[Stored data entries]
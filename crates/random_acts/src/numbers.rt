ghost use Rattle.std.specs.Prelude.{◌<◌};

/// A linear congruential generator, with the numbers of Knuth's MMIX.
#[derive(Drop)]
pub struct Numbers {
    state: u64,
}

impl Numbers {
    /// Numbers that follow from a seed.
    pub fn new(seed: u64) -> Numbers {
        Numbers { state: seed }
    }

    /// The next number below a limit. The low bits repeat soon, and are not used.
    pub fn below(&mut self, limit: u32) -> u32
        requires { 0 < limit }
        ensures { result < limit }
    {
        self.state = self
            .state
            .wrapping_mul(6_364_136_223_846_793_005)
            .wrapping_add(1_442_695_040_888_963_407);
        (self.state >> 32) as u32 % limit
    }
}
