//! The kind of a token, by its text.

ghost use Rattle.std.specs.Prelude.{◌≡◌};
ghost use Rattle.life_lex.specs.Kinds as spec;

use crate::byte::is_nondigit;
use crate::keyword::is_keyword;
use crate::token::TokenKind;

/// The kind of a token with this text.
pub(crate) fn kind_of(text: &[u8]) -> TokenKind
    ensures { result ≡ spec.kind_of text.now }
{
    let [first, ..] = text else {
        return TokenKind::Mark;
    };
    if is_nondigit(*first) {
        if is_keyword(text) {
            TokenKind::Keyword
        } else {
            TokenKind::Name
        }
    } else if first.is_ascii_digit() {
        TokenKind::Number
    } else if *first == b'\'' {
        TokenKind::Char
    } else if *first == b'"' {
        TokenKind::Text
    } else {
        TokenKind::Mark
    }
}
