//! Directive lines (ISO/IEC 14882:2017 [cpp.include], [cpp.pragma]): nothing is included.

ghost use Rattle.std.specs.Prelude.{◌≡◌, ◌≤◌, length};
ghost use Rattle.std.specs.List.{prefix_len};
ghost use Rattle.life_lex.specs.Bytes.{is_blank};
ghost use Rattle.life_lex.specs.Directives as spec;

use crate::byte::{is_blank, is_word_byte};

fn ends_word(bytes: &[u8]) -> bool
    ensures { result ≡ spec.ends_word bytes.now }
{
    match bytes {
        [] => true,
        [b, ..] => !is_word_byte(*b),
    }
}

/// Whether this word stands in front, and no letter, digit or `_` behind it.
fn starts_with_word(bytes: &[u8], word: &[u8]) -> bool
    ensures { result ≡ spec.starts_with_word bytes.now word.now }
{
    bytes.starts_with(word) && ends_word(&bytes[word.len()..])
}

fn starts_blank(bytes: &[u8]) -> bool
    ensures { result ≡ spec.starts_blank bytes.now }
{
    match bytes {
        [] => false,
        [b, ..] => is_blank(*b),
    }
}

fn blank_len(bytes: &[u8]) -> usize
    ensures value { result ≡ prefix_len is_blank bytes.now }
    ensures bound { result ≤ length bytes.now }
{
    bytes.iter().take_while(|b| is_blank(**b)).count()
}

fn skip_blanks<'a>(bytes: &'a [u8]) -> &'a [u8]
    ensures { result.now ≡ spec.skip_blanks bytes.now }
{
    &bytes[blank_len(bytes)..]
}

fn is_pragma_once(bytes: &[u8]) -> bool
    ensures { result ≡ spec.is_pragma_once bytes.now }
{
    if !bytes.starts_with(b"pragma") {
        return false;
    }
    let rest = &bytes[b"pragma".len()..];
    starts_blank(rest) && starts_with_word(skip_blanks(rest), b"once")
}

/// Behind a `#`: whether the line includes a file or is `#pragma once`.
pub(crate) fn is_directive(bytes: &[u8]) -> bool
    ensures { result ≡ spec.is_directive bytes.now }
{
    let words = skip_blanks(bytes);
    starts_with_word(words, b"include") || is_pragma_once(words)
}
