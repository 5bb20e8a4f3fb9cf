//! All tokens of a file.

ghost use Rattle.std.specs.Prelude.{◌<◌, ◌≤◌, ◌^◌, length, map, All, IfOk, IfErr};
ghost use Rattle.life_lex.specs.Answers.{lexeme, LexesOnly, NumberFits, StopsOnly};
ghost use Rattle.life_lex.specs.Slices.{AreSlices};

use crate::fault::LexStop;
use crate::lexer::Lexer;
use crate::token::Token;
use std::alloc::Global;
use std::vec::Vec;

/// All tokens of a file in their order, or its first fault.
///
/// # Errors
///
/// `Fault` exactly where the file has that fault, want of memory aside, and `NoMemory` for want of
/// memory.
pub fn tokens_of_file<'a>(alloc: Global, source: &'a [u8]) -> Result<Vec<Token<'a>>, LexStop>
    requires { length source.now < 2 ^ 32 }
    ensures tokens { IfOk result (λ tokens. LexesOnly source.now (map lexeme tokens.items)) }
    ensures numbers { IfOk result (λ tokens. All NumberFits (map lexeme tokens.items)) }
    ensures count { IfOk result (λ tokens. length tokens.items ≤ length source.now) }
    ensures slices { IfOk result (λ tokens. AreSlices 0 source.now (map lexeme tokens.items)) }
    ensures fault { IfErr result (λ stop. StopsOnly source.now stop) }
{
    let mut lexer = Lexer::new(source);
    // usual code has a token for each four bytes
    let mut tokens = Vec::with_capacity(alloc, source.len() / 4)?;
    loop {
        match lexer.next() {
            Ok(Some(token)) => tokens.push(token)?,
            Ok(None) => return Ok(tokens),
            Err(fault) => return Err(LexStop::Fault(fault)),
        }
    }
}
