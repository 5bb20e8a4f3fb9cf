//! The lexer: a value that hands out one token after the other, and takes no memory.

ghost use Rattle.std.specs.Prelude.{◌≡◌, ◌<◌, ◌≤◌, ◌+◌, ◌^◌, length, IfOk, IfSome};
ghost use Rattle.life_lex.specs.Answers.{lexeme, Answers};
ghost use Rattle.life_lex.specs.Cursors.{start, advance, rest_of};
ghost use Rattle.life_lex.specs.Readings.{lexeme_at, fault_at};
ghost use Rattle.life_lex.specs.Places as places;
ghost use Rattle.life_lex.specs.Scan.{scan_at, IsWithin};
ghost use Rattle.life_lex.specs.Slices.{IsNextSlice};

use crate::fault::{LexFault, LexFaultKind};
use crate::kind::kind_of;
use crate::position::Position;
use crate::scan::{Scanned, scan_front};
use crate::token::Token;
use std::marker::Model;

/// The tokens of a file, one after the other. Contracts see it as the point of the file at which it
/// stands.
#[derive(Drop)]
pub struct Lexer<'a> {
    source: &'a [u8],
    position: Position,
}

impl<'a> Model for Lexer<'a> {
    ghost use Rattle.life_lex.specs.Cursors.{Cursor};
    ghost use Rattle.life_lex.specs.Positions.{IsPosition};

    ghost Value = { Cursor };

    ghost view = { λ l. record { source = l.source.now; offset = l.position.offset } };

    ghost invariant = { λ l. IsPosition l.source.now l.position };
}

/// The length of a leading byte order mark, EF BB BF: 3 bytes, or none.
fn byte_order_mark_len(source: &[u8]) -> usize
    ensures value { result ≡ places.byte_order_mark_len source.now }
    ensures bound { result ≤ length source.now }
{
    if source.starts_with(b"\xEF\xBB\xBF") {
        3
    } else {
        0
    }
}

impl<'a> Lexer<'a> {
    /// A lexer at the beginning of a file of fewer than 2^32 bytes, behind a leading EF BB BF.
    ///
    /// The mark is no part of the text, but columns count its three bytes.
    pub fn new(source: &'a [u8]) -> Lexer<'a>
        requires { length source.now < 2 ^ 32 }
        ensures { result ≡ start source.now }
    {
        Lexer {
            source,
            position: Position::first(byte_order_mark_len(source)),
        }
    }

    /// What is left of the file.
    fn rest(&self) -> &'a [u8]
        ensures { result.now ≡ rest_of self.now }
    {
        &self.source[self.position.offset..]
    }

    /// What begins here.
    fn scan(&self) -> Scanned
        ensures value { result ≡ scan_at self.now }
        ensures bound { IsWithin (length (rest_of self.now)) result }
    {
        scan_front(self.position.line_blank, self.rest())
    }

    /// Passes over so many bytes.
    fn advance(&mut self, len: usize)
        requires { len ≤ length (rest_of self.old) }
        ensures { self.new ≡ advance len self.old }
    {
        let rest = self.rest();
        self.position = self.position.after(&rest[..len]);
    }

    /// Takes the token of so many bytes.
    fn take_token(&mut self, len: usize) -> Token<'a>
        requires some { 0 < len }
        requires within { len ≤ length (rest_of self.old) }
        ensures token { lexeme result ≡ lexeme_at len self.old }
        ensures point { self.new ≡ advance len self.old }
    {
        let rest = self.rest();
        let text = &rest[..len];
        let token = Token {
            kind: kind_of(text),
            text,
            offset: self.position.offset,
            place: self.position.place(),
        };
        self.advance(len);
        token
    }

    /// A fault of this kind, here.
    fn fault(&self, kind: LexFaultKind) -> LexFault
        requires { 0 < length (rest_of self.now) }
        ensures { result ≡ fault_at kind self.now }
    {
        LexFault {
            kind,
            offset: self.position.offset,
            place: self.position.place(),
        }
    }

    /// The next token, which is the longest at its place; `None` at the end of the file and ever
    /// after. It takes no memory.
    ///
    /// # Errors
    ///
    /// The file's first fault, once the tokens before it were answered. It stays, and is answered
    /// again.
    pub fn next(&mut self) -> Result<Option<Token<'a>>, LexFault>
        ensures reading { Answers self.old result self.new }
        ensures slice { IfOk result (λ next. IfSome next (λ t. IsNextSlice self.old (lexeme t) self.new)) }
    {
        loop {
            match self.scan() {
                Scanned::End => return Ok(None),
                Scanned::Gap(len) => self.advance(len),
                Scanned::Token(len) => return Ok(Some(self.take_token(len))),
                Scanned::Fault(kind) => return Err(self.fault(kind)),
            }
        }
    }
}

_What to produce_
Across all the records, find the lines containing the word "IfErr" and reproduce each one.

_Answer section_
ghost use Rattle.std.specs.Prelude.{◌<◌, ◌≤◌, ◌^◌, length, map, All, IfOk, IfErr};
    ensures fault { IfErr result (λ stop. StopsOnly source.now stop) }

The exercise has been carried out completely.